El Magazín

Publicado el elmagazin

La frente marchita

Ángel Castaño Guzmán

Sangre, impotencia y mierda. Donde asienta su pezuña eso deja la guerra. Casas sin puertas ni techos ni enseres ni risas de niños. Cadáveres, desaparecidos, familias que en la noche empacan aprisa las ropas de la fatiga. También, con un poco de maquillaje y un atavío a la moda, la guerra sirve de pretexto para elegir presidentes, organizar mítines, elevar a las nubes el rating de los telenoticieros. La muerte vende periódicos, le da cimento al discurso de los caudillos, aceita la máquina del comercio y la estafa. Durante años, los siete días de la semana, los colombianos hemos recibido la dosis de odio: las pipetas lanzadas a los colegios, la matanza en un lejano caserío, la diáspora de los labriegos. Luego, con pocos segundos de diferencia, la de frivolidad: los goles, las tetas y narices de quirófano. A veces los reporteros no tenemos perdón de dios. En otras, por fortuna, sí.

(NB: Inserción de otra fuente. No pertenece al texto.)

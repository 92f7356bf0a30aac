//! Printing a change.

ghost use Rattle.std.specs.Prelude.{◌≡◌, ◌++◌, IfOk, OnOk, length, map};
ghost use Rattle.mc_model.specs.Shift.{IsChangeOf};
ghost use Rattle.mc_write.specs.Text.{text_of};
ghost use Rattle.mc_rows.specs.Written.{row_line};
ghost use Rattle.mc_change_text.specs.Changes.{AreRowsNamed, AreSets, has_constant, change_version};
ghost use Rattle.mc_change_text.specs.Kinds.{change_shape};
ghost use Rattle.mc_change_text.specs.Canonical.{written_row, change_text};

use mc_lex::Kind;
use mc_model::Memory;
use mc_names::Names;
use mc_pattern::{Change, Pattern};
use mc_rows::{Parts, Shape, print_end, print_row};
use mc_text::{Head, print_header};
use std::alloc::Global;

/// Whether the signal of a row has the constant.
fn has_one(change: &Change) -> bool
    ensures { result ≡ has_constant change.now }
{
    'rows: for i in 0..change.len() {
        let (_, signal) = change.row(i);
        if signal.constant() {
            return true;
        }
    }
    false
}

/// The version of the text.
fn version_of(change: &Change) -> u8
    ensures { result ≡ change_version change.now }
{
    if has_one(change) { 2 } else { 1 }
}

/// Writes the rows.
fn print_rows(text: &mut Vec<u8>, names: &Names, change: &Change) -> Result<(), Memory>
    requires { AreRowsNamed (length names.now) change.now }
    ensures text { OnOk result (text.new.items ≡ text.old.items
        ++ text_of (map (λ row. row_line change_shape names.now (written_row row)) change.now)) }
    ensures sets { OnOk result (AreSets change.now) }
{
    'rows: for i in 0..change.len() {
        let (q, signal) = change.row(i);
        let row = Parts {
            head: Head::O,
            number: 0,
            name: q,
            set: signal.members(),
            constant: signal.constant(),
        };
        print_row(text, names, Shape::Listed, row)?;
    }
    Ok(())
}

/// The canonical text of a change of a pattern's outcomes, with its header, which says the second version where the signal of a
/// row has the constant.
pub fn print_change<const H: usize>(
    alloc: Global,
    pattern: &Pattern<H>,
    change: &Change,
) -> Result<Vec<u8>, Memory>
    requires { IsChangeOf pattern.now change.now }
    ensures text { IfOk result (λ text. text.items ≡ change_text pattern.now change.now) }
    ensures sets { OnOk result (AreSets change.now) }
{
    let mut text = Vec::new(alloc);
    print_header(&mut text, Kind::Change, version_of(change), 4)?;
    print_rows(&mut text, pattern.names(), change)?;
    print_end(&mut text)?;
    Ok(text)
}
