use super::*;
use mc_angle::Angle;
use mc_lex::{TextEnd, Words};
use mc_names::{Name, Names};
use mc_pattern::{Builder, Command, Pattern};
use mc_signal::Signal;
use std::alloc::Global;
use std::process::Abort;
use std::test::Fail;

/// Three inputs, of which `b` and `a` are measured, in this order.
fn with_two(rt: &impl Abort, alloc: Global) -> Result<Pattern<4>, Fail> {
    let mut inputs = Names::new(alloc);
    for word in ["a", "b", "c"] {
        inputs.add(Name::read(word.as_bytes()).expect(rt, "a name"))?;
    }
    let mut builder = Builder::new(alloc, inputs)?;
    for q in [1, 0] {
        let measure = Command::Meas {
            q,
            angle: Angle::of(0),
            s: Signal::empty(alloc),
            t: Signal::empty(alloc),
        };
        assert_eq!(rt; builder.push(measure), Ok(()));
    }
    match builder.finish(&[2]) {
        Ok(pattern) => Ok(pattern),
        Err((_, end)) => Err(end.into()),
    }
}

#[test]
fn changes_are_read_and_written(rt: HostRuntime) -> Result<(), Fail> {
    change_texts_are_read();
    change_texts_differ();
    let pattern = with_two(&rt, rt.alloc())?;
    let mut words = Words::new(b"o b\no a ! b\nend".as_slice());
    let change = read_change(rt.alloc(), &mut words, &pattern, 2)?;
    let text = print_change(rt.alloc(), &pattern, &change)?;
    assert_eq!(rt;
        text.as_slice(),
        b"change 2\no b\no a b !\nend\n".as_slice()
    );
    for (version, text, code, line, column) in [
        (1, "o b !\n", 9, 1, 5),
        (2, "o b !\no a ! b !\n", 18, 2, 9),
        (2, "o b a\n", 17, 1, 5),
        (1, "o a\n", 22, 1, 3),
        (1, "o b\nend\n", 22, 2, 1),
    ] {
        assert!(rt; text.len() < 100);
        let mut words = Words::new(text.as_bytes());
        let end = read_change(rt.alloc(), &mut words, &pattern, version)
            .err()
            .expect(&rt, text);
        assert_eq!(rt; end, TextEnd::Refused { code, line, column });
    }
    Ok(())
}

Daniel Rivera Marín es un diarista cuya infancia transcurrió en Armenia y Medellín. Con el título profesional, otorgado por la Uniquindio, debajo del brazo, inició labores en El Mundo. Al poco tiempo pasó a la sala de redacción de El Colombiano, donde cubre los temas del conflicto armado. En agosto de 2014, con el auspicio de la alcaldía de la capital antioqueña, publicó Volver para qué. Crónica sobre el desarraigo. Allí, en las 130 páginas del volumen, recopila las voces e historias de los obligados por la violencia a dejarlo todo, los mismos a quienes la nostalgia y el hambre los hacen retornar: el vértigo de la ciudad los tritura, los encierra en el dédalo de calles mal pavimentadas y fronteras invisibles. En compañía del fotógrafo Julio César Herrera, Rivera Marín recorre el oriente de Antioquia, sector geográfico disputado palmo a palmo por los distintos actores de la violencia. El viaje activa la memoria, saca de las maletas ocultas debajo de la cama los sucesos capitales de la infancia: la bala en la espalda del padre, el trapiche en la finca familiar, las manos nudosas del abuelo materno. De esa manera, sin robarle protagonismo a los entrevistados, el autor exorciza el anecdotario personal. A fin de cuentas, nadie sale ileso del fuego cruzado, de la barbarie fratricida.

Con un tono narrativo muy cercano al de Martín Caparrós –Rivera Marín intercala escenas con aforismos o meditaciones de su cosecha, procedimiento empleado por el argentino en numerosas crónicas–, Volver para qué no cae en el abismo de la denuncia fácil ni se convierte en un memorial de atropellos. El inicio del capítulo V es inquietante: “(…) Santa Ana es lo que queda cuando la muerte pasa: la vida comiéndose el cadáver”. La línea bien podría ser un verso de Ataúd tallado a mano, el formidable poemario de Flóbert Zapata. Rivera Marín decide ubicarse en la antípoda de los redactores de hoy, pendientes de aplacar la voracidad de los medios digitales. En ocasiones, no obstante, su prosa, así no venga a cuento, procura brillar. Compadecido con el cisne, no le tuerce el cuello. ¿Dichas licencias efectistas son útiles y necesarias en el periodismo? ¿No se corre el riesgo de privilegiar el lenguaje en detrimento del hecho? ¿La retórica reemplaza la minuciosidad investigativa? Inquietudes aparte, el texto presagia, anuncia, promete, como las óperas primas dignas de mención. Con seguridad en sus futuros trabajos el cronista apuntalará los aciertos y corregirá los deslices de Volver para qué. No hay afán.